To remove the green cast, you need to adjust the white balance. Add a White Balance node from “Color” on the Nodes Toolbar and connect it to the Raw Image Open node. It’s set to the “Camera” preset by default. This is the white balance the camera would have used if it was set to JPEG. Not all cameras include white balance information. If it isn’t available, a neutral fall back is used. It will be hard to judge the color of your image at this point so you should put off making your own changes to the white balance until later.
Now it’s time to remove the color pattern so there’s a full color sample for each pixel. Add a Demosaic node from “Filter” on the Nodes Toolbar. Connect the output of the White Balance node to the input of the Demosaic node.
Some raw image files have tonal curves applied by the camera, others embed a tonal curve, and the rest don’t include any tonal data. It’s useful to make your own curve adjustment at this point. Go to “Color” on the Nodes Toolbar, click Curves and connect the Curves node to the Demosaic node. If a tonal curve was embedded, you can change the preset to “Embedded”. While not always ideal, it does make for a great starting point.

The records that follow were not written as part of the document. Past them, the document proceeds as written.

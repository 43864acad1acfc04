//! A program in the making.

ghost use Rattle.std.specs.Prelude.{◌≡◌, ◌<◌, length, IfOk, OnOk, OnErr};
ghost use Rattle.rv_isa.specs.Word.{Fits};
ghost use Rattle.rv_asm.specs.Item.{IsSound, IsNear};
ghost use Rattle.rv_asm.specs.Program.{Program, empty, with_item, with_label, with_place, with_place_at, IsMade, IsFree, IsReady};
ghost use Rattle.rv_asm.specs.Layout.{code_of, bytes_of, addresses, AllStand};

use crate::code::Code;
use crate::item::Item;
use crate::layout;
use rv_isa::Ins;
use smlc_base::{NoMemory, Row};
use std::alloc::Global;
use std::marker::Model;

/// A program in the making. Contracts see its items and, for each label, how many instructions stand
/// before it, once it is bound. Want of memory leaves it as it was.
#[derive(Drop)]
pub struct Asm {
    items: Vec<Item>,
    places: Vec<Option<u64>>,
    words: u64,
}

impl Model for Asm {
    ghost use Rattle.rv_asm.specs.Program.{Program};

    ghost Value = { Program };

    ghost use Rattle.rv_asm.specs.Whole.{IsWhole};

    ghost view = { λ a. record { items = a.items.items; places = a.places.items } };

    ghost invariant = { λ a. IsWhole a.items.items a.places.items a.words };
}

impl Asm {
    /// The empty program. It takes no memory.
    pub fn new(alloc: Global) -> Asm
        ensures { result ≡ empty }
    {
        Asm {
            items: Vec::new(alloc),
            places: Vec::new(alloc),
            words: 0,
        }
    }

    /// A new label, which isn't bound. Labels are numbered from 0. There is no memory for more than
    /// 2^32 of them.
    pub fn label(&mut self) -> Result<u32, NoMemory>
        ensures number { IfOk result (λ label. label ≡ length self.old.places) }
        ensures ok { OnOk result (self.new ≡ with_label self.old) }
        ensures err { OnErr result (self.new ≡ self.old) }
    {
        let label = self.places.len();
        if label > u32::MAX as usize {
            return Err(NoMemory);
        }
        self.places.push(None)?;
        Ok(label as u32)
    }

    /// Puts the item last.
    fn push(&mut self, item: Item) -> Result<(), NoMemory>
        requires { IsSound (length self.old.places) item }
        ensures ok { OnOk result (self.new ≡ with_item self.old item) }
        ensures err { OnErr result (self.new ≡ self.old) }
    {
        self.items.push(item)?;
        self.words += item.size();
        Ok(())
    }

    /// Puts the instruction last.
    pub fn ins(&mut self, ins: Ins) -> Result<(), NoMemory>
        requires { Fits ins }
        ensures ok { OnOk result (self.new ≡ with_item self.old (Item.Plain ins)) }
        ensures err { OnErr result (self.new ≡ self.old) }
    {
        self.push(Item::Plain(ins))
    }

    /// Puts a jump to the label last: AUIPC and JALR, through x31, which it changes.
    pub fn jump(&mut self, label: u32) -> Result<(), NoMemory>
        requires { IsMade self.old label }
        ensures ok { OnOk result (self.new ≡ with_item self.old (Item.Jump label)) }
        ensures err { OnErr result (self.new ≡ self.old) }
    {
        self.push(Item::Jump(label))
    }

    /// Puts last what makes the register the address of the label: AUIPC and ADDI. x0 stays 0.
    pub fn address(&mut self, rd: u8, label: u32) -> Result<(), NoMemory>
        requires register { rd < 32 }
        requires made { IsMade self.old label }
        ensures ok { OnOk result (self.new ≡ with_item self.old (Item.Address rd label)) }
        ensures err { OnErr result (self.new ≡ self.old) }
    {
        self.push(Item::Address(rd, label))
    }

    /// Binds the label behind the last item. It takes no memory.
    pub fn bind(&mut self, label: u32)
        requires { IsFree self.old label }
        ensures { self.new ≡ with_place self.old label }
    {
        self.places[label as usize] = Some(self.words);
    }

    /// Binds the label to the place behind so many instructions, which may lie behind the program: so
    /// data that stand behind it have labels too. It takes no memory.
    pub fn bind_at(&mut self, label: u32, place: u64)
        requires free { IsFree self.old label }
        requires near { IsNear place }
        ensures { self.new ≡ with_place_at self.old label place }
    {
        self.places[label as usize] = Some(place);
    }

    /// The program laid out at the address. It takes time in proportion to the program.
    pub fn finish(self, base: u64) -> Result<Code, NoMemory>
        requires { IsReady self base }
        ensures bytes { IfOk result (λ code. code.bytes ≡ bytes_of (code_of self)) }
        ensures addresses { IfOk result (λ code. code.at ≡ addresses base self.places) }
        ensures stands { IfOk result (λ code. AllStand base code self.items) }
    {
        let alloc = *self.items.allocator();
        let bytes = layout::bytes_of(alloc, &self.items, &self.places)?;
        let at = layout::addresses(alloc, base, &self.places)?;
        Ok(Code {
            bytes: Row::from_vec(bytes),
            at: Row::from_vec(at),
        })
    }
}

The gamut of colors and the way they are measured varies across camera models. In order to composite images together, you need to make sure they are all in the same color space. Add a Color Profile node and connect the Curves node’s output to it. Leave the Input Color Profile field set to “Automatic”. This way the color information embedded in the original raw file is used. Set Output Color Profile to the color profile you want to convert to. Color profiles are outside the scope of this chapter but we recommend “Linear sRGB” for most general editing. Leave Mode set to “Transform” to perform the conversion.
The final process you should perform on all raw images is sharpening. As covered in the Sharpening section of Chapter 4, images captured with a camera always appear softer than the original scene. You need to apply sharpening to counter this. Add an Unsharp Mask node and connect the output of the Color Profile node to it.
Now you can finally go back and make white balance adjustments or apply your usual cropping, tonal correction, localized editing, etc. Working with raw images takes a little more effort but you’ll be amazed by the amount of extra detail you’ll be able to pull out of your images.
7.2 Calibrated color profiles
Each camera model shoots in its own color space. Phoduit uses the color information embedded in raw images if available or otherwise a built-in database to figure out how colors should be treated. For creative purposes this is sufficient. For scientific work, things get more complicated. Unfortunately, the color spaces of each camera can vary slightly. Even two cameras of the same model can have this problem. To work around this issue, you can import a calibrated color profile to be used instead. The process of creating a calibrated color profile is outside the scope of this book.
To use a calibrated color profile with a raw image, import the raw image as normal using a Raw Image Open node. Leave Color Profile set to “Embedded” to leave the original data intact. Then, add a Color Profile node and connect it to the output of the Raw Image Open node. Set the Output Color Profile to your calibrated color profile and set Mode to “Cast”. The Input color Profile does not matter. By setting the Mode to “Cast”, no color conversion will take place and the color data will be treated as being in the color space defined by the calibrated color profile.